--- Exercise prompt ---
Scan the records for "again". Show the matching lines.

--- Material for the task ---

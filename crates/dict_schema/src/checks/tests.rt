// What `check` and `check_function` answer, by tables of definitions.
mod alone;
mod beside;
mod bounds;
mod functions;
mod layouts;

use crate::sketch::{NUMBER, Sketch, definition_of};
use crate::{DefFault, RangeOf, check};
use dict_value::{AttrType, NoMemory};
use std::alloc::Global;

const NULLABLE: AttrType = AttrType {
    nullable: true,
    ..NUMBER
};

/// The range from the first of the two columns behind the third to the second.
const BOTH: RangeOf = RangeOf::Columns { start: 3, end: 4 };

/// What `check` answers of a sketch's definition.
fn judged(alloc: Global, sketch: &Sketch) -> Result<Result<(), DefFault>, NoMemory> {
    Ok(check(&definition_of(alloc, sketch)?))
}
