// The evaluation rules: functions over nodes that call each other in a cycle, the node number falling. n is the number of blocks in the work area; a
// function over a kind's node takes its words w.
// Document 01, forms: "Expressions hold texts, texts hold predicates, and predicates hold expressions again".
ghost use Rattle.std.specs.Prelude.{◌≡◌, List, ℕ, suc, ◌+◌, ◌*◌, ◌-◌, ◌≤◌, ◌<◌, ◌^◌, length, get_or, take};
ghost use Rattle.layout.specs.Layout.{part};
ghost use Rattle.values.specs.Value.{Value, Values};
ghost use Rattle.values.specs.Value as Value;
ghost use Rattle.values.specs.Held.{keep as words};
ghost use Rattle.reader_rules.specs.Kinds.{expressions, predicates, texts, lines};
ghost use Rattle.reader_rules.specs.Limited.{declared_count};
ghost use Rattle.reader_rules.specs.Nodes.{kind_at, operand_at};
ghost use Rattle.reader_rules.specs.Promise.{At, Lower};
ghost use Rattle.reader_rules.specs.Decode.{expr_at, pred_at, exprs_from, lines_from};
ghost use Rattle.evaluator_rules.specs.Environment.{Environment};
ghost use Rattle.evaluator_rules.specs.Assignments.{Domains};
ghost use Rattle.evaluator_rules.specs.Operations.{all_pass};
ghost use Rattle.evaluator_rules.specs.Rules.{eval_expr, eval_exprs, eval_members, eval_pred, test, test_exprs};
ghost use Rattle.evaluator_nodes.specs.Turns.{body_at, turn_at};
ghost use Rattle.evaluator_operations.specs.Worked.{Holds, Is, Told, Counted, Judged, SetIn, Grown, Joined, Tuples, Crossed};
ghost use Rattle.evaluator_scope.specs.Blocks.{Scoped, Leaves};
ghost use Rattle.evaluator_nodes.specs.Ready.{Ready, Handed, Operands, Scoping, Assigns, Tells, Rest, Evaluates, Decides, LinesTold, AssignTold, EachTold, BodyTold};
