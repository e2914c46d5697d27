//! The handshake of a WebSocket (RFC 6455, section 4) as a stage of a session: it goes on when bytes come, and never waits for them.
//!
//! It stands above `cable_link`, so that what needs a link alone doesn't stand on http and the rules of admission.
#![tactic(auto)]

mod answering;
mod answers;
mod hearing;
mod replies;
mod requests;
mod rulings;
mod shaking;

pub use replies::{Failure, Reply, reply_to_head};
pub use shaking::{Shake, Shaken};
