ghost use Rattle.std.specs.Prelude.{◌≡◌, ◌≤◌, [], ◌∷◌, length, take, map, All, IfOk, OnOk};
ghost use Rattle.httparse.specs.Spans.{IsHeaderWithin, IsRequestWithin, span_bytes};
ghost use Rattle.http_header.specs.HeaderMap.{append_all};
ghost use Rattle.websocket.specs.Headers.{fields_of};
ghost use Rattle.ws_handshake.specs.Requests.{header_of, IsRequestBy};

use http::request::Parts;
use http::{HeaderMap, HeaderName, HeaderValue, Request, Uri};
use httparse::spans::{HeaderSpan, RequestSpans};
use std::alloc::Global;

/// A target or a header that `http` doesn't take, or memory was wanted.
#[derive(Clone, Copy, Debug)]
pub(crate) struct Unfit;

/// Adds a header behind those of its name.
fn append_field(
    alloc: Global,
    headers: &mut HeaderMap<HeaderValue>,
    name: &[u8],
    value: &[u8],
) -> Result<(), Unfit>
    ensures { OnOk result (headers.new ≡ append_all headers.old (header_of (name.now, value.now) ∷ [])) }
{
    let Ok(name) = HeaderName::from_bytes(alloc, name) else {
        return Err(Unfit);
    };
    let Ok(value) = HeaderValue::from_bytes(alloc, value) else {
        return Err(Unfit);
    };
    match headers.append(name, value) {
        Ok(_) => Ok(()),
        Err(_) => Err(Unfit),
    }
}

/// Adds the headers of a head in their order.
fn append_fields(
    alloc: Global,
    headers: &mut HeaderMap<HeaderValue>,
    head: &[u8],
    limit: usize,
    spans: &[HeaderSpan],
) -> Result<(), Unfit>
    requires fits { limit ≤ length head.now }
    requires within { All (IsHeaderWithin limit) spans.now }
    ensures { OnOk result (headers.new ≡ append_all headers.old (map header_of (fields_of head.now spans.now))) }
{
    let Some((first, rest)) = spans.split_first() else {
        return Ok(());
    };
    append_field(alloc, headers, first.name.of(head), first.value.of(head))?;
    append_fields(alloc, headers, head, limit, rest)
}

/// The request by GET that stands in a head.
pub(crate) fn request_of(
    alloc: Global,
    head: &[u8],
    found: &RequestSpans,
    spans: &[HeaderSpan],
) -> Result<Request<()>, Unfit>
    requires { IsRequestWithin head.now spans.now found.now }
    ensures { IfOk result (IsRequestBy (span_bytes head.now found.now.path) (fields_of head.now (take found.now.headers spans.now))) }
{
    let mut parts = Parts::new(alloc);
    let Ok(uri) = Uri::from_bytes(alloc, found.path.of(head)) else {
        return Err(Unfit);
    };
    parts.uri = uri;
    append_fields(
        alloc,
        &mut parts.headers,
        head,
        found.len,
        &spans[..found.headers],
    )?;
    Ok(Request::from_parts(parts, ()))
}
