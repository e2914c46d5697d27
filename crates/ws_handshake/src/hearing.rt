ghost use Rattle.std.specs.Prelude.{◌≡◌};
ghost use Rattle.ws_handshake.specs.Heard.{IsHeardBy};

use crate::replies::{Reply, reply_to_head};
use crate::rulings::Ruling;
use mio::net::TcpStream;
use std::alloc::Global;
use std::io::{ErrorKind, Read};
use std::sync::Arc;
use ws_gate::Rules;

/// How many bytes one read of a request asks for.
const READ_SIZE: usize = 1024;

/// The most bytes of a request.
const HEAD_LIMIT: usize = 65_536;

/// How many reads a request may take whatever they give, and how many bytes all must give on average once there are more.
const FREE_READS: usize = 64;

const READ_AVERAGE: usize = 128;

/// A request that is being read.
#[derive(Drop)]
pub(crate) struct Hearing {
    pub(crate) rules: Arc<Rules, Global>,
    head: Vec<u8>,
    reads: usize,
}

/// What came of a read.
#[derive(Drop)]
pub(crate) enum Heard {
    /// Nothing was there.
    Nothing,
    /// The request isn't whole yet.
    More,
    /// It is, and is ruled on.
    Whole(Ruling),
    /// The client asks for no handshake, it went, it gave too little at once, or memory was wanted.
    Failed,
}

impl Hearing {
    pub(crate) fn new(alloc: Global, rules: Arc<Rules, Global>) -> Hearing
        ensures { result.rules ≡ rules }
    {
        Hearing {
            rules,
            head: Vec::new(alloc),
            reads: 0,
        }
    }

    pub(crate) fn into_rules(self) -> Arc<Rules, Global>
        ensures { result ≡ self.rules }
    {
        self.rules
    }

    /// Whether it came in too many pieces, or was too long.
    fn is_too_much(&self) -> bool {
        self.head.len() > HEAD_LIMIT
            || (self.reads > FREE_READS && self.head.len() / READ_AVERAGE < self.reads)
    }

    /// What the rules make of what came so far.
    fn ruling(&self, alloc: Global) -> Heard
        ensures { IsHeardBy self.now.rules.value result }
    {
        match reply_to_head(alloc, self.head.as_slice(), &self.rules) {
            Reply::Unfinished => Heard::More,
            Reply::Admitted(admission, answer) => Heard::Whole(Ruling::LetIn(admission, answer)),
            Reply::Denied(denial) => Heard::Whole(Ruling::KeptOut(denial)),
            Reply::Refused(_) => Heard::Failed,
        }
    }

    /// Reads what is there.
    pub(crate) fn go_on(&mut self, alloc: Global, stream: &mut TcpStream) -> Heard
        ensures heard { IsHeardBy self.old.rules.value result }
        ensures rules { self.new.rules ≡ self.old.rules }
    {
        let mut piece = [0u8; READ_SIZE];
        match stream.read(&mut piece) {
            Ok(0) => Heard::Failed,
            Ok(count) => {
                self.reads = self.reads.saturating_add(1);
                if self.head.extend_from_slice(&piece[..count]).is_err() || self.is_too_much() {
                    return Heard::Failed;
                }
                self.ruling(alloc)
            }
            Err(error) if error.kind() == ErrorKind::WouldBlock => Heard::Nothing,
            Err(_) => Heard::Failed,
        }
    }
}
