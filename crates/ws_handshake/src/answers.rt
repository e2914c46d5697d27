ghost use Rattle.std.specs.Prelude.{◌≡◌, ◌++◌, IfOk, OnOk};
ghost use Rattle.websocket.specs.Headers.{field_line};
ghost use Rattle.ws_handshake.specs.Replies.{protocol_line, acceptance, refusal};

use std::alloc::{AllocError, Global};
use ws_gate::{Denial, Protocol};

/// A header of an answer.
fn put_line(answer: &mut Vec<u8>, name: &[u8], value: &[u8]) -> Result<(), AllocError>
    ensures { OnOk result (answer.new.items ≡ answer.old.items ++ field_line name.now value.now) }
{
    answer.extend_from_slice(name)?;
    answer.extend_from_slice(b": ")?;
    answer.extend_from_slice(value)?;
    answer.extend_from_slice(b"\r\n")
}

/// The header that names a protocol, where there is one.
fn put_protocol(answer: &mut Vec<u8>, protocol: Option<Protocol>) -> Result<(), AllocError>
    ensures { OnOk result (answer.new.items ≡ answer.old.items ++ protocol_line protocol) }
{
    match protocol {
        Some(Protocol::V1) => put_line(answer, b"sec-websocket-protocol", b"actioncable-v1-json"),
        Some(Protocol::Unsupported) => {
            put_line(
                answer,
                b"sec-websocket-protocol",
                b"actioncable-unsupported",
            )
        }
        None => Ok(()),
    }
}

/// The answer to a request that is admitted.
pub(crate) fn acceptance(
    alloc: Global,
    accept_key: &[u8; 28],
    protocol: Option<Protocol>,
) -> Result<Vec<u8>, AllocError>
    ensures { IfOk result (λ answer. answer.items ≡ acceptance accept_key.now protocol) }
{
    let mut answer = Vec::new(alloc);
    answer.extend_from_slice(b"HTTP/1.1 101 Switching Protocols\r\n")?;
    put_line(&mut answer, b"connection", b"Upgrade")?;
    put_line(&mut answer, b"upgrade", b"websocket")?;
    put_line(&mut answer, b"sec-websocket-accept", accept_key)?;
    put_protocol(&mut answer, protocol)?;
    answer.extend_from_slice(b"\r\n")?;
    Ok(answer)
}

/// The answer to a request that is denied. It has no body, and the socket is closed behind it.
pub(crate) fn refusal(denial: Denial) -> &'static [u8]
    ensures { result.now ≡ refusal denial }
{
    match denial {
        Denial::OutOfMemory => {
            b"HTTP/1.1 503 Service Unavailable\r\nconnection: close\r\ncontent-length: 0\r\n\r\n"
        }
        _ => b"HTTP/1.1 404 Not Found\r\nconnection: close\r\ncontent-length: 0\r\n\r\n",
    }
}
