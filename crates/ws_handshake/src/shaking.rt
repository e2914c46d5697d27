ghost use Rattle.std.specs.Prelude.{◌≡◌, IfOk};
ghost use Rattle.ws_handshake.specs.Heard.{IsHeardBy};
ghost use Rattle.ws_handshake.specs.Shakes.{rules_of, Follows};

use crate::answering::Answering;
use crate::hearing::{Heard, Hearing};
use crate::rulings::Ruling;
use cable_base::OutOfMemory;
use cable_link::{CountedStream, WsLink, socket_config};
use mio::net::TcpStream;
use std::alloc::Global;
use std::io::{ErrorKind, Write};
use std::sync::Arc;
use tungstenite::{NoMask, Role, WebSocket};
use ws_gate::{Admission, Denial, Rules};

/// Where a handshake is.
#[derive(Drop)]
enum Stage {
    Hears(Hearing),
    Answers(Answering),
}

/// A handshake that waits for bytes to come, or for room for its answer.
///
/// To go on takes it, and it comes back only where it waits. So behind a failure, as behind its end, there is none to go on with.
#[derive(Drop)]
pub struct Shake {
    alloc: Global,
    stream: TcpStream,
    stage: Stage,
}

/// How far a handshake is.
#[derive(Drop)]
pub enum Shaken {
    /// It goes on when the stream is ready again, by the same rules.
    Waits(Shake),
    /// The request was admitted and is answered. The socket is the link's, which has counted no fault.
    Done(WsLink<NoMask>, Admission),
    /// A rule denied the request, or memory was wanted for it: it was answered so, and the socket is closed.
    Denied(Denial),
    /// The client asked for no handshake, it went, or memory was wanted. The socket is closed, and nobody was let in. What came over it
    /// is known to nobody, so no clause says when this is answered.
    Failed,
}

/// How many reads a request may take at once.
const READ_LIMIT: usize = 1024;

/// How many writes an answer may take at once.
const WRITE_LIMIT: usize = 1024;

/// What came of writing an answer.
#[derive(Clone, Copy, PartialEq, Eq)]
enum Written {
    All,
    Blocked,
    Failed,
}

/// Writes as much of an answer as the stream takes.
fn write_answer(stream: &mut TcpStream, answering: &mut Answering) -> Written
    ensures { answering.new.rules ≡ answering.old.rules }
{
    for _ in 0..WRITE_LIMIT {
        let rest = answering.rest();
        if rest.is_empty() {
            return Written::All;
        }
        match stream.write(rest) {
            Ok(0) => return Written::Failed,
            Ok(count) => answering.take(count),
            Err(error) if error.kind() == ErrorKind::WouldBlock => return Written::Blocked,
            Err(_) => return Written::Failed,
        }
    }
    Written::Failed
}

/// The end of a handshake whose answer is written.
fn done(alloc: Global, stream: TcpStream, answering: Answering) -> Shaken
    ensures { Follows answering.rules.value result }
{
    match answering.into_ruling() {
        Ruling::LetIn(admission, _) => {
            let stream = CountedStream::on(stream);
            let config = Some(socket_config());
            let socket = WebSocket::from_raw_socket(alloc, stream, NoMask, Role::Server, config);
            Shaken::Done(WsLink::on(alloc, socket), admission)
        }
        Ruling::KeptOut(denial) => Shaken::Denied(denial),
    }
}

/// Goes on with an answer.
fn answer(alloc: Global, stream: TcpStream, answering: Answering) -> Shaken
    ensures { Follows answering.rules.value result }
{
    let mut stream = stream;
    let mut answering = answering;
    match write_answer(&mut stream, &mut answering) {
        Written::All => done(alloc, stream, answering),
        Written::Blocked => Shaken::Waits(Shake {
            alloc,
            stream,
            stage: Stage::Answers(answering),
        }),
        Written::Failed => Shaken::Failed,
    }
}

/// What of a request came, as far as it can be read without waiting.
fn hear_all(alloc: Global, stream: &mut TcpStream, hearing: &mut Hearing) -> Heard
    ensures heard { IsHeardBy hearing.old.rules.value result }
    ensures rules { hearing.new.rules ≡ hearing.old.rules }
{
    for _ in 0..READ_LIMIT {
        match hearing.go_on(alloc, stream) {
            Heard::More => {}
            heard => return heard,
        }
    }
    Heard::Failed
}

/// Goes on with a request.
fn hear(alloc: Global, stream: TcpStream, hearing: Hearing) -> Shaken
    ensures { Follows hearing.rules.value result }
{
    let mut stream = stream;
    let mut hearing = hearing;
    match hear_all(alloc, &mut stream, &mut hearing) {
        Heard::Whole(ruling) => answer(alloc, stream, Answering::new(hearing.into_rules(), ruling)),
        Heard::Nothing => Shaken::Waits(Shake {
            alloc,
            stream,
            stage: Stage::Hears(hearing),
        }),
        Heard::More | Heard::Failed => Shaken::Failed,
    }
}

impl Shake {
    /// Begins a handshake over a stream that doesn't block. Its request is admitted by these rules. It is refused where memory is
    /// wanted, and then the socket is closed.
    pub fn begin(
        alloc: Global,
        stream: TcpStream,
        rules: &Arc<Rules, Global>,
    ) -> Result<Shake, OutOfMemory>
        ensures { IfOk result (λ shake. rules_of shake ≡ rules.now.value) }
    {
        let hearing = Hearing::new(alloc, rules.clone()?);
        Ok(Shake {
            alloc,
            stream,
            stage: Stage::Hears(hearing),
        })
    }

    /// Its stream, to be registered where readiness is waited for.
    pub fn stream(&mut self) -> &mut TcpStream {
        &mut self.stream
    }

    /// Goes on with what came, as far as it can without waiting. Whom it lets in, and whom it denies, is by its rules.
    pub fn go_on(self) -> Shaken
        ensures { Follows (rules_of self) result }
    {
        let Shake {
            alloc,
            stream,
            stage,
        } = self;
        match stage {
            Stage::Hears(hearing) => hear(alloc, stream, hearing),
            Stage::Answers(answering) => answer(alloc, stream, answering),
        }
    }
}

--- Solution for this problem ---
// Document 01, forms: "Expressions hold texts, texts hold predicates, and predicates hold expressions again".
    /// It goes on when the stream is ready again, by the same rules.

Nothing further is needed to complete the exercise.